→ Your assignment
The lines from the start of the data up to and including the one with "fn copy_text(text: &Document, letters: &mut" should be returned exactly, and nothing else.

Collected data entries
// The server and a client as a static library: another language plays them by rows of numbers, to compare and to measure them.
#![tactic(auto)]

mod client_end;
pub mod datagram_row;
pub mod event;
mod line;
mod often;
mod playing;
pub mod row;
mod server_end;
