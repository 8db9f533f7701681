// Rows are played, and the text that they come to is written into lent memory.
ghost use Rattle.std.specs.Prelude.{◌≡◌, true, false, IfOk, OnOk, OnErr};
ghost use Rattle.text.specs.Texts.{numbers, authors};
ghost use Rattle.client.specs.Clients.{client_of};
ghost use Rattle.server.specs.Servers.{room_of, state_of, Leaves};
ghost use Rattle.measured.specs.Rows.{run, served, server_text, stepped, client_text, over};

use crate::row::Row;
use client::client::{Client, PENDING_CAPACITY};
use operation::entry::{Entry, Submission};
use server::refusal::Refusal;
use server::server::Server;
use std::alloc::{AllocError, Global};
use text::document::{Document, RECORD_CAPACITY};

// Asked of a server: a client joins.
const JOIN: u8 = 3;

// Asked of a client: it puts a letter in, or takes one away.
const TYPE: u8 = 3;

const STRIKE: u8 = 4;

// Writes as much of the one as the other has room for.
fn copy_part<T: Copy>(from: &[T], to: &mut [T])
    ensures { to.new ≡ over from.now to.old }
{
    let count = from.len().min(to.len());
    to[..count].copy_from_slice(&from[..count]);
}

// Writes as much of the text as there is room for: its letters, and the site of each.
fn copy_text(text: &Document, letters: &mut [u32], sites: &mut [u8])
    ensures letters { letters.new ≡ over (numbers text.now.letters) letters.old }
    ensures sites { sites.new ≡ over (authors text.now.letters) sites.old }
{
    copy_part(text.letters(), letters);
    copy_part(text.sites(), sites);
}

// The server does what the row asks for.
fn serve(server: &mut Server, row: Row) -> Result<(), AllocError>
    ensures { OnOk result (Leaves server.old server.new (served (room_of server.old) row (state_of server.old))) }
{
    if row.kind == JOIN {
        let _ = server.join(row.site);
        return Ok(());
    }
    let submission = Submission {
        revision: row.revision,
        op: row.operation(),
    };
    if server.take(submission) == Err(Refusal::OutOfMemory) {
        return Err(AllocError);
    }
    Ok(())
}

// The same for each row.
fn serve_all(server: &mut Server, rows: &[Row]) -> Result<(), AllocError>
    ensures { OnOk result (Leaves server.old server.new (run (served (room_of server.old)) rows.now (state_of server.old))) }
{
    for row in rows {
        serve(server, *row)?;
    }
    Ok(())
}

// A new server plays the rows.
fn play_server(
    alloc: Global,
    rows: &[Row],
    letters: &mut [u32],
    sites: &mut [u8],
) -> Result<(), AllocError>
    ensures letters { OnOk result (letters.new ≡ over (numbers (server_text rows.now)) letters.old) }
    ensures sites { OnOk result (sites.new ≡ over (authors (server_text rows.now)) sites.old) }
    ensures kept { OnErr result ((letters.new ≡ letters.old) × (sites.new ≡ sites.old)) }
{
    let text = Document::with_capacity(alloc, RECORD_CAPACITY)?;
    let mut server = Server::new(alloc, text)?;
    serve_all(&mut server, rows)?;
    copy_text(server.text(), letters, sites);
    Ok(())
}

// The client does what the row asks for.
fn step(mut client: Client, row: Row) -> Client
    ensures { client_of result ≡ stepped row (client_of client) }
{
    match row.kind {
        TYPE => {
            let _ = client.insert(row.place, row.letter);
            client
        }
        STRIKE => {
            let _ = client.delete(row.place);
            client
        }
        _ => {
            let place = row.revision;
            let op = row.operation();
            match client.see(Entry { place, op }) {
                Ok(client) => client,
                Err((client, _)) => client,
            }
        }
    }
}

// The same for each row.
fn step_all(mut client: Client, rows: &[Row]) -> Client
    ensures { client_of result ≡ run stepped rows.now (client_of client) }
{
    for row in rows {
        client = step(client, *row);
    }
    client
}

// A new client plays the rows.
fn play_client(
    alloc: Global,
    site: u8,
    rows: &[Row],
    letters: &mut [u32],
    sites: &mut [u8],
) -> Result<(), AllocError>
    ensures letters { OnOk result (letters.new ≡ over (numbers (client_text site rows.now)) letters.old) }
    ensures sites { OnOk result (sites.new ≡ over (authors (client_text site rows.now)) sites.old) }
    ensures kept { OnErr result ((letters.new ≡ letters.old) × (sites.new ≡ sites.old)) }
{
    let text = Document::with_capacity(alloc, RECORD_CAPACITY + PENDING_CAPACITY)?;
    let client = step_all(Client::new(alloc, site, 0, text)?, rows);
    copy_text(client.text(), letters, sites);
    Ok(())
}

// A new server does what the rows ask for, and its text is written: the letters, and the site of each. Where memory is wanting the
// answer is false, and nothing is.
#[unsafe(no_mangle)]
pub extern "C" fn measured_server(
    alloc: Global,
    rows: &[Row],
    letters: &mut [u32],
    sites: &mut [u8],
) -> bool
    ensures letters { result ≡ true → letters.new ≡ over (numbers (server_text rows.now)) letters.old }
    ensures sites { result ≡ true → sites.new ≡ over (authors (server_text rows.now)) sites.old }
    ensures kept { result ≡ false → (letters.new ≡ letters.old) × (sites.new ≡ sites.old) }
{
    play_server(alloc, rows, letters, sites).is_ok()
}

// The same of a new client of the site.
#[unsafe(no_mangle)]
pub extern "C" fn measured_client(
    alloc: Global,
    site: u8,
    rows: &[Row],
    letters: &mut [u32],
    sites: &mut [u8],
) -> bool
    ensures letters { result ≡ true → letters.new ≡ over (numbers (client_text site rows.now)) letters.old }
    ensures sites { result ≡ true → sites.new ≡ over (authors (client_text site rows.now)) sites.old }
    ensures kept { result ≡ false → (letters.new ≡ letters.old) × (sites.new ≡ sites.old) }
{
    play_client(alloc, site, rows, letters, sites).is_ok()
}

→ Your response
// The server and a client as a static library: another language plays them by rows of numbers, to compare and to measure them.
#![tactic(auto)]

mod client_end;
pub mod datagram_row;
pub mod event;
mod line;
mod often;
mod playing;
pub mod row;
mod server_end;
repository 8db9f533f7701681
// Rows are played, and the text that they come to is written into lent memory.
ghost use Rattle.std.specs.Prelude.{◌≡◌, true, false, IfOk, OnOk, OnErr};
ghost use Rattle.text.specs.Texts.{numbers, authors};
ghost use Rattle.client.specs.Clients.{client_of};
ghost use Rattle.server.specs.Servers.{room_of, state_of, Leaves};
ghost use Rattle.measured.specs.Rows.{run, served, server_text, stepped, client_text, over};

use crate::row::Row;
use client::client::{Client, PENDING_CAPACITY};
use operation::entry::{Entry, Submission};
use server::refusal::Refusal;
use server::server::Server;
use std::alloc::{AllocError, Global};
use text::document::{Document, RECORD_CAPACITY};

// Asked of a server: a client joins.
const JOIN: u8 = 3;

// Asked of a client: it puts a letter in, or takes one away.
const TYPE: u8 = 3;

const STRIKE: u8 = 4;

// Writes as much of the one as the other has room for.
fn copy_part<T: Copy>(from: &[T], to: &mut [T])
    ensures { to.new ≡ over from.now to.old }
{
    let count = from.len().min(to.len());
    to[..count].copy_from_slice(&from[..count]);
}

// Writes as much of the text as there is room for: its letters, and the site of each.
fn copy_text(text: &Document, letters: &mut [u32], sites: &mut [u8])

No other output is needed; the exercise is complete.